# Orange crush American or Canadian bottle



## Gramr (May 4, 2020)

I'm a canuck allways liked bottles. Today l found a crush bottle 
   I have two one is a 10oz diamond on two 'sides' so the 30's patent the one l found today is one diamond and 6oz so a original 20's patent.
    I noticed the American bottle's are 'reg July 1920' both my bottle's are 'TMRG Aug 12 1921' it is my thought that the canuck one's will have the Canadian date of trade mark registration 1921 and American a 1920 date. 
  I must add,these are my thoughts from my limited knowledge and am in no way trying to set anything 'straight' l just like bottles and information on things so one isn't guessing and can make a informed conclusion. 
 Thanks for reading


----------



## RCO (May 4, 2020)

there is a detailed article online about orange crush bottles but I'm not sure of the link , it could likely be found on google . someone who knew a lot about orange crush wrote one years ago that explains everything


----------



## Gramr (May 4, 2020)

RCO said:


> there is a detailed article online about orange crush bottles but I'm not sure of the link , it could likely be found on google . someone who knew a lot about orange crush wrote one years ago that explains everything


Actually l googled mine as l had just found it a few hours ago. New to internet but it's a library in your pocket. Unfortunately fiction an nonfiction is left to the reader. Anyway,this club came up. A fellow in the east found one identical except the date. I also happened to have a similar one in the next generation and checking it had same date l know both were canadian good chance with Ontario tied so close to states make sense you get goods crossing over. I found it interesting. Also l found a member's thread in which he had posted original bottle patents. I think the key lies in that mine say TMRG (trade mark registered?) an 1921 while the 1920 says patented.  Someone with law knowledge may know of a legal reason likely to do with the two country's laws. 
Ultimately l was curious figured someone may know why the difference so sort of 'asked' starting with my speculation. And what small info l had.


----------



## RCO (May 4, 2020)

here is a link to the article I saw on the net a while back its by someone named Michael Rosman and is extremely detailed , you should find what your looking for there 



			ORANGE CRUSH BOTTLES  - the  ‘KRINKLY’ CLEAR ones


----------



## Gramr (May 4, 2020)

RCO said:


> here is a link to the article I saw on the net a while back its by someone named Michael Rosman and is extremely detailed , you should find what your looking for there
> 
> 
> 
> ORANGE CRUSH BOTTLES  - the  ‘KRINKLY’ CLEAR ones


Thank you simple pleasures in life find something then find out about it.


----------



## Canadacan (May 6, 2020)

I highly recommend  'Krinkly' to 'Mae West' by Michael Rosman, a fellow Canadian to boot!

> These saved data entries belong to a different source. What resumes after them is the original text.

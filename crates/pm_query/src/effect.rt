//! What one statement does.
ghost use Rattle.std.specs.Prelude.{◌≡◌, Some, None, IfOk};
ghost use Rattle.std.specs.FinMap as map;
ghost use Rattle.pm_query.specs.Answer.{answers, makes, insertion, replacement, deletion, effect_of, row_at};

use crate::draft::Draft;
use crate::item::Item;
use crate::pairs::{Listing, Pairs};
use pm_rows::{Change, MAX_ROWS, Text};
use pm_sql::Stmt;
use std::alloc::{AllocError, Global};

/// What one statement answers, and the change that it makes, if any.
#[derive(Drop)]
pub(crate) struct Effect {
    pub(crate) item: Item,
    pub(crate) change: Option<Change>,
}

impl Effect {
    pub(crate) fn answers(item: Item) -> Effect
        ensures { result ≡ answers item }
    {
        Effect { item, change: None }
    }

    pub(crate) fn makes(item: Item, change: Change) -> Effect
        ensures { result ≡ makes item change }
    {
        Effect {
            item,
            change: Some(change),
        }
    }
}

/// What a statement does on the rows of a draft.
pub(crate) fn effect_of(
    alloc: Global,
    draft: &mut Draft<'_>,
    stmt: &Stmt,
) -> Result<Effect, AllocError>
    ensures effect { IfOk result (λ effect. effect ≡ effect_of draft.old stmt.now) }
    ensures unchanged { draft.new ≡ draft.old }
{
    match stmt {
        Stmt::Insert { key, value } => insertion(draft, *key, value),
        Stmt::Update { key, value } => replacement(draft, *key, value),
        Stmt::Delete { key } => Ok(deletion(draft, *key)),
        Stmt::Select { key: None } => Ok(Effect::answers(Item::Rows(draft.pairs(alloc)?))),
        Stmt::Select { key: Some(key) } => Ok(Effect::answers(Item::Rows(row_at(
            alloc, draft, *key,
        )?))),
        Stmt::Count => Ok(Effect::answers(Item::Count(draft.len() as u64))),
        Stmt::Sleep { .. } => Ok(Effect::answers(Item::Slept)),
    }
}

// A row that isn't there is added, within the limits.
fn insertion(draft: &Draft<'_>, key: i64, value: &Text) -> Result<Effect, AllocError>
    ensures { IfOk result (λ effect. effect ≡ insertion draft.now key value.now) }
{
    if draft.get(key).is_some() {
        return Ok(Effect::answers(Item::Duplicate { key }));
    }
    if draft.len() >= MAX_ROWS {
        return Ok(Effect::answers(Item::TableFull));
    }
    if !draft.fits(key, value) {
        return Ok(Effect::answers(Item::RowsTooLarge));
    }
    let value = value.copy()?;
    Ok(Effect::makes(Item::Insert, Change::Put { key, value }))
}

// A row that is there gets the value, within the limit.
fn replacement(draft: &Draft<'_>, key: i64, value: &Text) -> Result<Effect, AllocError>
    ensures { IfOk result (λ effect. effect ≡ replacement draft.now key value.now) }
{
    if draft.get(key).is_none() {
        return Ok(Effect::answers(Item::Update(0)));
    }
    if !draft.fits(key, value) {
        return Ok(Effect::answers(Item::RowsTooLarge));
    }
    let value = value.copy()?;
    Ok(Effect::makes(Item::Update(1), Change::Put { key, value }))
}

// A row that is there goes.
fn deletion(draft: &Draft<'_>, key: i64) -> Effect
    ensures { result ≡ deletion draft.now key }
{
    if draft.get(key).is_some() {
        Effect::makes(Item::Delete(1), Change::Del { key })
    } else {
        Effect::answers(Item::Delete(0))
    }
}

// The row of a key, if it has one.
fn row_at(alloc: Global, draft: &Draft<'_>, key: i64) -> Result<Pairs, AllocError>
    ensures { IfOk result (λ pairs. pairs ≡ row_at key (map.get draft.now key)) }
{
    let mut listing = Listing::with_room(alloc, 1)?;
    if let Some(value) = draft.get(key) {
        listing.push((key, value))?;
    }
    listing.shared()
}
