//! What a script answers.
ghost use Rattle.std.specs.Prelude.{◌≡◌, [], ◌∷◌, ◌++◌, IfOk, OnOk};

use crate::item::Item;
use std::alloc::{AllocError, Global};
use std::marker::Model;

/// The items of a script, in order. Contracts see a reply as that list.
#[derive(Debug, Drop)]
pub struct Reply {
    items: Vec<Item>,
}

impl Model for Reply {
    ghost use Rattle.std.specs.Prelude.{List};
    ghost use Rattle.pm_query.specs.declared.item.Item.{Item};

    ghost Value = { List Item };

    ghost view = { λ reply. reply.items.items };
}

impl Reply {
    pub(crate) fn new(alloc: Global) -> Reply
        ensures { result ≡ [] }
    {
        Reply {
            items: Vec::new(alloc),
        }
    }

    pub(crate) fn push(&mut self, item: Item) -> Result<(), AllocError>
        ensures { OnOk result (self.new ≡ self.old ++ item ∷ []) }
    {
        self.items.push(item)?;
        Ok(())
    }

    /// The items, in order.
    pub fn items(&self) -> &[Item]
        ensures { result.now ≡ self.now }
    {
        &self.items
    }

    /// An equal reply. It fails only where memory is short.
    pub fn copy(&self) -> Result<Reply, AllocError>
        ensures { IfOk result (λ reply. reply ≡ self.now) }
    {
        let mut copied = Vec::with_capacity(*self.items.allocator(), self.items.len())?;
        for item in &self.items {
            copied.push(item.copy()?)?;
        }
        Ok(Reply { items: copied })
    }
}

You can find his book on ebay.
I'm not recommending just because I was a contributor!...well ok maybe a little bit!..lol
It is currently the only book on the bottles of Orange Crush available.
BTW...the three Canadian 6oz bottles came in Pat'd, TMRG, and REG....the tall slender 6oz came in REG'd only.


----------



## Gramr (May 6, 2020)

Your right! On closer look it is REG my bottles mold was well used. The short bottle was a crisp one real nice. I'll check out the book l like 'coffee table' reading. Thanks.


----------



## mrosman (May 6, 2020)

Hi - Michael Rosman here.... you have found two fairly uncommon to rare, Canadian, clear krinkly bottles - described on p.42-43 of my book on Orange Crush bottles. This trademark was unique to Canada only... bottles were dated Aug.22, 1921 and 1922... Most were 6oz. but in your picture one bottle seems so much taller - I ask - is that tall bottle a TMRG with the August date, or is it for comparison? Usually the other side (back) of these bottle did not have any embossing. This design preceded the REG/REG'D group and was short lived..... you have an uncommon too rare bottle there.


----------



## Gramr (May 6, 2020)

It's a, REG D then,aug 22 1921 other side crushy faces right it's a 6oz bottle


----------



## bottle-o-pop (May 8, 2020)

Oh, I thought you originally posted that one bottle was a 10 oz. I have never seen a 10 oz. in person. Keep it!

I certainly agree with Canadacan about mrosman's book on orange crush! If you have an interest in orange crush bottles and all the types of orange crush bottles, get the book!


----------



## tsims (Feb 9, 2022)

Gramr said:


> Thank you simple pleasures in life find something then find out about it.


Purchased a couple clear Orange Crush bottles in a package this week. They both say 6 oz but are different sizes so seems strange. Both bottles have registered Aug 1921 and dominion triangle as bottler. The taller bottle has the orange peel at top. Not really an Orange Crush collector so not sure how valuable or hard to find. Anyone out there that can comment on them for me. Thanks.


----------



## Canadacan (Feb 15, 2022)

tsims said:


> Purchased a couple clear Orange Crush bottles in a package this week. They both say 6 oz but are different sizes so seems strange. Both bottles have registered Aug 1921 and dominion triangle as bottler. The taller bottle has the orange peel at top. Not really an Orange Crush collector so not sure how valuable or hard to find. Anyone out there that can comment on them for me. Thanks.


Both are Canadian. The taller of the two is later. Most are pretty common. The Reg. bottles came last before the switch to the 7oz brown.


----------